As it happens, neither Freestyle fountains nor personalized soda bottles nor mini-cans nor any other pop-up novelty act seems able to reverse a long-term slide in soda drinking, a trend that The New York Times called “the single largest change in the American diet” in recent history. Since the mid-1990s, sales of full-calorie soft drinks in the United States have plunged by more than 25 percent. The numbers for diet sodas are no better, with sales down almost 20 percent in the past five years—a likely reflection of worries about artificial sweeteners. Bottled water is expected to surpass sweetened soda as the country’s number-one packaged beverage by 2017. Public health surveys also indicate that obesity rates in the US, after years of rising relentlessly, lately have plateaued among adults and school-age children and have even begun to fall in younger children. There’s no direct evidence tying a disenchantment with soda to improvements in the national fat index—after all, sales of sweetened breakfast cereals, cupcakes, and packaged white bread have fallen too, if by smaller amounts. Correlation is not causation. Nevertheless, it’s hard to ignore that the per capita purchase of fizzy soft drinks today is as low as it was back in 1986—which is when the rates of severe obesity began to soar.
Why has the public turned so measurably against soda? Effective messaging, for one: health advocates have long denounced soda and related “sugary drinks” as a particularly noxious example of junk food, empty calories that are gulped down quickly and inattentively, often just to lubricate the esophageal passage of other high-calorie snacks. For another, giving up sugared soft drinks is a clear and narrowly defined goal, and in the end not much of a sacrifice. Soda offers no beery buzz, no satisfying crunch. Who needs it?
Yet any success the anti-soda camp can claim has come in the teeth of extreme, unwavering, and, it must be said, unsurprising resistance from what Marion Nestle and her public health colleagues call Big Soda, to evoke parallels with that more familiar corporate black hat, Big Tobacco. Big Soda is not a formal organization, of course, but an alliance of financial stakeholders afloat on the liquid gold of the carbonated beverage, heretofore one of the most profitable products ever invented.
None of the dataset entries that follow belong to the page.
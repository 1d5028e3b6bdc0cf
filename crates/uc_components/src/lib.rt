//! The components of a graph, in order.
#![tactic(auto)]

mod graph;
mod links;
mod order;
mod rows;
mod search;

pub use graph::Graph;
pub use order::components;

#[cfg(test)]
mod tests;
The major players include Coca-Cola and PepsiCo, the world’s two largest makers and purveyors of nonalcoholic beverages, which together generate annual revenues in excess of $100 billion; powerful trade groups like the American Beverage Association and the Grocery Manufacturers Association; and an assortment of bottlers, distributors, trucking companies and unions, restaurant chains, and the like.
In Soda Politics, Nestle, a professor of nutrition, food studies, and public health at NYU, presents the elaborate lengths to which Big Soda will go to keep their products in view and available. “I am awestruck by how well soda companies manage these tasks,” she writes.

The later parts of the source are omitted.